- Born: 20 January 1907 Warsaw, Congress Poland, Russian Empire
- Died: 11 April 1983 (aged 76) Coquitlam, British Columbia, Canada
- Height: 6 ft 2 in (188 cm)
- Weight: 185 lb (84 kg; 13 st 3 lb)
- Position: Defence
- Shot: Left
- Played for: New York Rangers Boston Bruins New York Americans
- Playing career: 1928–1942

= Joe Jerwa =

Polish-Canadian ice hockey defenseman

Joseph Charles Jerwa (22 January 1907 – 11 April 1983) was a Polish-born Canadian professional ice hockey defenceman who played eight seasons in the National Hockey League (NHL) for the New York Rangers, Boston Bruins and New York Americans between 1930 and 1939. He was the first Polish-born player in NHL history.

==Early life==
Jerwa was born in Warsaw, Congress Poland, Russian Empire, on 22 January 1907 to Frank and Anna Jerwa.
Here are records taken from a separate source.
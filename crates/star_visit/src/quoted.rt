//! How a string is shown, and how it is written as JSON: in quotes, with escapes.

ghost use Rattle.std.specs.Prelude.{◌≡◌, ◌<◌, ◌++◌, OnOk, string_bytes};
ghost use Rattle.std.specs.Char.{digit_char};
ghost use Rattle.json.specs.Print as json;
ghost use Rattle.star_store.specs.Text.{plain_char, quoted, shown, shown_char};

use json::Writer;
use std::alloc::{AllocError, Global};

/// Puts a string in quotes after a text.
pub(crate) fn put_quoted(out: &mut String, text: &str) -> Result<(), AllocError>
    ensures { OnOk result (string_bytes out.new ≡ string_bytes out.old ++ quoted text.now) }
{
    out.push('"')?;
    put_chars(out, text)?;
    out.push('"')
}

/// Puts a string as JSON after a text. What the writer wrote is UTF-8; were it not, the answer would be as for want of
/// memory.
#[tactic(auto, using(crate::proofs::Sheets::print_string))]
pub(crate) fn put_json(alloc: Global, out: &mut String, text: &str) -> Result<(), AllocError>
    ensures { OnOk result (string_bytes out.new ≡ string_bytes out.old ++ json.quoted text.now) }
{
    let mut writer = Writer::new(Vec::new(alloc));
    writer.string(text)?;
    match String::from_utf8(writer.into_inner()) {
        Ok(written) => out.push_str(written.as_str()),
        Err(_) => Err(AllocError),
    }
}

/// Puts the characters of a string, as its text shows them, after a text.
fn put_chars(out: &mut String, text: &str) -> Result<(), AllocError>
    ensures { OnOk result (string_bytes out.new ≡ string_bytes out.old ++ shown text.now) }
{
    for c in text.chars() {
        put_char(out, c)?;
    }
    Ok(())
}

/// Puts a character of a string, as its text shows it, after a text.
#[tactic(auto, unfolding(star_store::specs::Text::shown_char))]
fn put_char(out: &mut String, c: char) -> Result<(), AllocError>
    ensures { OnOk result (string_bytes out.new ≡ string_bytes out.old ++ shown_char c) }
{
    match c {
        '"' => out.push_str("\\\""),
        '\\' => out.push_str("\\\\"),
        '\n' => out.push_str("\\n"),
        '\r' => out.push_str("\\r"),
        '\t' => out.push_str("\\t"),
        _ => put_plain(out, c),
    }
}

/// Puts a character as itself, or, below 32 and at 127, by `\x` and two lower-case hexadecimal digits.
fn put_plain(out: &mut String, c: char) -> Result<(), AllocError>
    ensures { OnOk result (string_bytes out.new ≡ string_bytes out.old ++ plain_char c) }
{
    if (c as u32) < 32 || c as u32 == 127 {
        out.push_str("\\x")?;
        out.push(hex_digit(c as u32 / 16))?;
        out.push(hex_digit(c as u32 % 16))
    } else {
        out.push(c)
    }
}

/// A lower-case hexadecimal digit.
fn hex_digit(n: u32) -> char
    requires { n < 16 }
    ensures value { result ≡ digit_char n }
    ensures ascii { result < 128 }
{
    if n < 10 {
        (b'0' + n as u8) as char
    } else {
        (b'a' + (n - 10) as u8) as char
    }
}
He had three brothers, Frank, Art, and Steve, all of whom later played hockey, and a sister, Josephine. The family moved to Bankhead, Alberta in 1911, then to nearby Canmore in 1922. He and his brother Frank played for both the Canmore Miners junior and senior teams during the late 1920s.

==Career==
Jerwa's hockey career started during the 1928–29 season with the Vancouver Lions in the Pacific Coast Hockey League (PCHL). He played 77 games with them between 1928 and 1930 before being traded to the New York Rangers of the National Hockey League (NHL) along with Red Beattie for $25,000. He played nine games for the Rangers' Can-Am affiliate, the Springfield Indians, before being recalled in December 1930. His NHL debut was on March 17, 1931, in the Rangers' game against the Ottawa Senators, where he recorded an assist with a pass to Butch Keeling during the second period. He played 37 games for New York during the 1930–31 season.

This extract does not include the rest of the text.